By your definition of meaningful information, it's not actually clear that a strong lossless compressor wouldn't discover and encode that meaningful information.

For example the presence of a face in an image is presumably meaningful information. From a compression point of view, the presence of a face and it's approximate pose is also information that has a very large impact on lower level feature coding, in that spending say 100 bits to represent the face and it's pose could save 10x as many bits in the lowest levels. Some purely unsupervised learning systems - such as sparse coding for example or RBMs - do tend to find high level features that correspond to objects (meaningful information).

Of course that does not imply that training using UL compression criteria is the best way to recognize any particular features/objects.

Comment author: V_V 14 June 2015 01:19:30AM *  0 points [-]

By your definition of meaningful information, it's not actually clear that a strong lossless compressor wouldn't discover and encode that meaningful information.

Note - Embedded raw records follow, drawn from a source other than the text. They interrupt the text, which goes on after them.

//! Growth within a half-year.

ghost use Rattle.std.specs.Prelude.{◌≡◌, ◌≢◌, ℕ, ◌+◌, ◌-◌, ◌*◌, ◌≤◌, true, false, MatchOption};
ghost use Rattle.ee_roots.specs.Products.{power_down, power_up};
ghost use Rattle.ee_roots.specs.Roots.{IsLow, IsHigh};
ghost use Rattle.ee_value.specs.Rounding.{grown};
ghost use Rattle.ee_value.specs.Open.{is_exact, is_unsettled, bounds_differ, Close};
ghost use Rattle.ee_value.specs.Inner.Open.{IsLeftToBounds, AreNear};
ghost use Rattle.ee_value.specs.Chain.{highest_start};
ghost use Rattle.ee_units.specs.Limits.{highest_rate};

use crate::powers::Powers;
use ee_roots::{Root, power_bounds, root_bounds, settle};
use ee_units::{Bits, Rate};

/// The months of a quarter of a year, the only part of a half-year whose growth can be a fraction.
const QUARTER: u8 = 3;

/// A hundred times the growth of three months, if that is a whole number.
fn exact_root(rate: Rate) -> Option<u64>
    ensures { MatchOption result
        (rate ≢ 0 → is_exact rate ≡ false)
        (λ n. (is_exact rate ≡ true) × (2 * (n * n) ≡ 20000 + rate) × (100 ≤ n) × (n ≤ 104)) }
{
    let r = rate.hundredths();
    if r == 402 {
        Some(101)
    } else if r == 808 {
        Some(102)
    } else if r == 1218 {
        Some(103)
    } else if r == 1632 {
        Some(104)
    } else {
        None
    }
}

/// The unit after `months` months of a half-year, if it is known without bounds: after none, at a rate of
/// zero, and after three months if their growth is a fraction.
fn exact_unit(unit: u64, rate: Rate, months: u8) -> Option<u64>
    requires some { 1 ≤ unit }
    requires small { unit ≤ highest_start }
    requires few { months ≤ 5 }
    ensures value { MatchOption result
        (IsLeftToBounds rate months)
        (λ cents. ((b : ℕ) → is_unsettled unit rate months b ≡ false) × (cents ≡ grown unit rate months)) }
    ensures range { rate ≤ highest_rate }
{
    let hundredths = rate.hundredths();
    if months == 0 || hundredths == 0 {
        return Some(unit);
    }
    if months == QUARTER {
        if let Some(growth) = exact_root(rate) {
            return Some((2 * unit * growth + 100) / 200);
        }
    }
    None
}

/// The unit after `months` months of a half-year; `None` if the bounds don't settle it.
pub fn grown_unit(unit: u64, rate: Rate, months: u8, powers: &Powers) -> Option<u64>
    requires some { 1 ≤ unit }
    requires small { unit ≤ highest_start }
    requires few { months ≤ 5 }
    requires of_low { IsLow powers.now.bits rate powers.now.low }
    requires of_high { IsHigh powers.now.bits rate powers.now.high }
    ensures { MatchOption result
        ((is_unsettled unit rate months powers.now.bits ≡ true) × Close unit rate months powers.now.bits)
        (λ cents. (is_unsettled unit rate months powers.now.bits ≡ false) × (cents ≡ grown unit rate months)) }
{
    if let Some(cents) = exact_unit(unit, rate, months) {
        return Some(cents);
    }
    bounded_unit(unit, rate, months, powers.root(), powers.at(months))
}

/// The unit after `months` months of a half-year; `None` if this precision doesn't settle it. Computes the
/// bounds of a root only if they are needed.
pub fn grown_once(unit: u64, rate: Rate, months: u8, bits: Bits) -> Option<u64>
    requires some { 1 ≤ unit }
    requires small { unit ≤ highest_start }
    requires few { months ≤ 5 }
    ensures { MatchOption result
        ((is_unsettled unit rate months bits ≡ true) × Close unit rate months bits)
        (λ cents. (is_unsettled unit rate months bits ≡ false) × (cents ≡ grown unit rate months)) }
{
    if let Some(cents) = exact_unit(unit, rate, months) {
        return Some(cents);
    }
    let root = root_bounds(rate, bits);
    let bounds = power_bounds(&root, months);
    bounded_unit(unit, rate, months, &root, bounds)
}

/// The unit after these months, if the bounds of their growth settle it.
fn bounded_unit(unit: u64, rate: Rate, months: u8, root: &Root, bounds: (u128, u128)) -> Option<u64>
    requires some { 1 ≤ unit }
    requires small { unit ≤ highest_start }
    requires inside { 1 ≤ months }
    requires few { months ≤ 5 }
    requires at_most_20_percent { rate ≤ highest_rate }
    requires of_low { IsLow root.now.bits rate root.now.low }
    requires of_high { IsHigh root.now.bits rate root.now.high }
    requires low { bounds.0 ≡ power_down root.now.bits root.now.low (months - 1) }
    requires high { bounds.1 ≡ power_up root.now.bits root.now.high (months - 1) }
    requires near { AreNear root.now.bits bounds.0 bounds.1 }
    ensures { MatchOption result
        ((bounds_differ unit rate months root.now.bits ≡ true) × Close unit rate months root.now.bits)
        (λ cents. (bounds_differ unit rate months root.now.bits ≡ false) × (cents ≡ grown unit rate months)) }
{
    let bits = root.bits();
    let unit = u128::from(unit);
    settle(unit * bounds.0, unit * bounds.1, bits)
}
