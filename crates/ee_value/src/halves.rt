//! Whole half-years: the unit's value at the start of each.

ghost use Rattle.std.specs.Prelude.{◌≡◌, ◌+◌, ◌^◌, ◌<◌, ◌≤◌};
ghost use Rattle.ee_value.specs.Rounding.{grown};
ghost use Rattle.ee_value.specs.Chain.{start};

use crate::rates::{ORIGINAL_MATURITY, Rates};
use ee_units::Rate;

/// The issue price of one unit, in cents.
pub const PRICE: u64 = 1250;

/// The value of one unit a half-year later, to the nearest cent.
fn next_unit(unit: u64, rate: Rate) -> u64
    requires some { 1 ≤ unit }
    requires small { unit < 2 ^ 32 }
    ensures { result ≡ grown unit rate 6 }
{
    let doubled = 2 * unit * (20_000 + u64::from(rate.hundredths()));
    (doubled + 20_000) / 40_000
}

/// The unit's value at the start of the next half-year; at 20 years it is at least twice the price.
pub fn next_start(unit: u64, half_year: u16, rates: &Rates) -> u64
    requires early { half_year < 60 }
    requires begun { unit ≡ start rates.now half_year }
    ensures { result ≡ start rates.now (half_year + 1) }
{
    let grown = next_unit(unit, rates.rate_in(half_year));
    if half_year + 1 == ORIGINAL_MATURITY {
        grown.max(2 * PRICE)
    } else {
        grown
    }
}

/// The unit's value at the start of a half-year.
pub fn start_unit(rates: &Rates, half_year: u16) -> u64
    requires { half_year ≤ 60 }
    ensures { result ≡ start rates.now half_year }
{
    let mut unit = PRICE;
    for k in 0..half_year {
        unit = next_start(unit, k, rates);
    }
    unit
}
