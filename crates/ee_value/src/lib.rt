//! The value of Series EE savings bonds that earn a fixed rate and, after original maturity, possibly
//! another one (31 CFR Part 351): the accrued value at an age of one unit, 12.50 dollars of issue price,
//! and what a bond pays.
//!
//! It promises the value that the rounding rule gives, to the cent, or names the least age at which the
//! precision doesn't settle it. Begin with `specs/Rounding.antt` and `specs/Chain.antt`, then `tables.rt`;
//! `laws.rt` has worked examples.
//!
//! It doesn't promise that two rates leave no age open: tests show that of all equal pairs of rates.
#![tactic(auto)]

mod accrual;
mod bonds;
mod faults;
mod growth;
mod halves;
mod laws;
mod powers;
mod quotes;
mod rates;
mod tables;

pub use accrual::unit_at;
pub use bonds::{bond_value, bond_value_at};
pub use faults::{Unsettled, ValueFault};
pub use laws::{chain_law, exact_law, examples_law, open_law, rates_law, rounding_law, value_law};
pub use quotes::Quote;
pub use rates::{RateRow, Rates};
pub use tables::{UnitTable, unit_table};
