//! Reasons for a missing value.

use ee_units::Age;
use std::alloc::{AllocError, AllocFailed};
use thiserror::Error;

/// The precision doesn't settle the value at an age: its bounds round to different cents.
#[derive(Clone, Copy, Debug, PartialEq, Eq, Error)]
#[error("unsettled at age {}", age.months())]
pub struct Unsettled {
    /// The age that was asked for, in months.
    pub age: Age,
}

/// Why a table of unit values can't be made.
#[derive(Clone, Copy, Debug, PartialEq, Eq, Error)]
pub enum ValueFault {
    /// The precision doesn't settle the value at this age; it is the least such age.
    #[error("unsettled at age {}", age.months())]
    Unsettled { age: Age },
    /// Memory was refused.
    #[error("out of memory")]
    NoMemory,
}

impl From<Unsettled> for ValueFault {
    ghost use Rattle.std.specs.Prelude.{◌≡◌};
    ghost use Rattle.ee_value.specs.declared.faults.ValueFault.TheVariants.{Unsettled};

    ghost from_gives = { λ f e. e ≡ Unsettled f.age };

    fn from(fault: Unsettled) -> ValueFault {
        ValueFault::Unsettled { age: fault.age }
    }
}

impl From<AllocError> for ValueFault {
    ghost use Rattle.std.specs.Prelude.{◌≡◌};
    ghost use Rattle.ee_value.specs.declared.faults.ValueFault.TheVariants.{NoMemory};

    ghost from_gives = { λ _ e. e ≡ NoMemory };

    fn from(_fault: AllocError) -> ValueFault {
        ValueFault::NoMemory
    }
}

impl<T: Drop> From<AllocFailed<T>> for ValueFault {
    ghost use Rattle.std.specs.Prelude.{◌≡◌};
    ghost use Rattle.ee_value.specs.declared.faults.ValueFault.TheVariants.{NoMemory};

    ghost from_gives = { λ _ e. e ≡ NoMemory };

    fn from(_fault: AllocFailed<T>) -> ValueFault {
        ValueFault::NoMemory
    }
}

It could, but also it could not. My point is that compression ratio (that is, average log-likelihood of the data under the model) is not a good proxy for "understanding" since it can be optimized to a very large extent without modeling "meaningful" information.

Comment author: Daniel_Burfoot 14 June 2015 03:09:09PM 0 points [-]

Yes, good compression can be achieved without deep understanding. But a compressor with deep understanding will ultimately achieve better compression. For example, you can get good text compression results with a simple bigram or trigram model, but eventually a sophisticated grammar-based model will outperform the Ngram approach.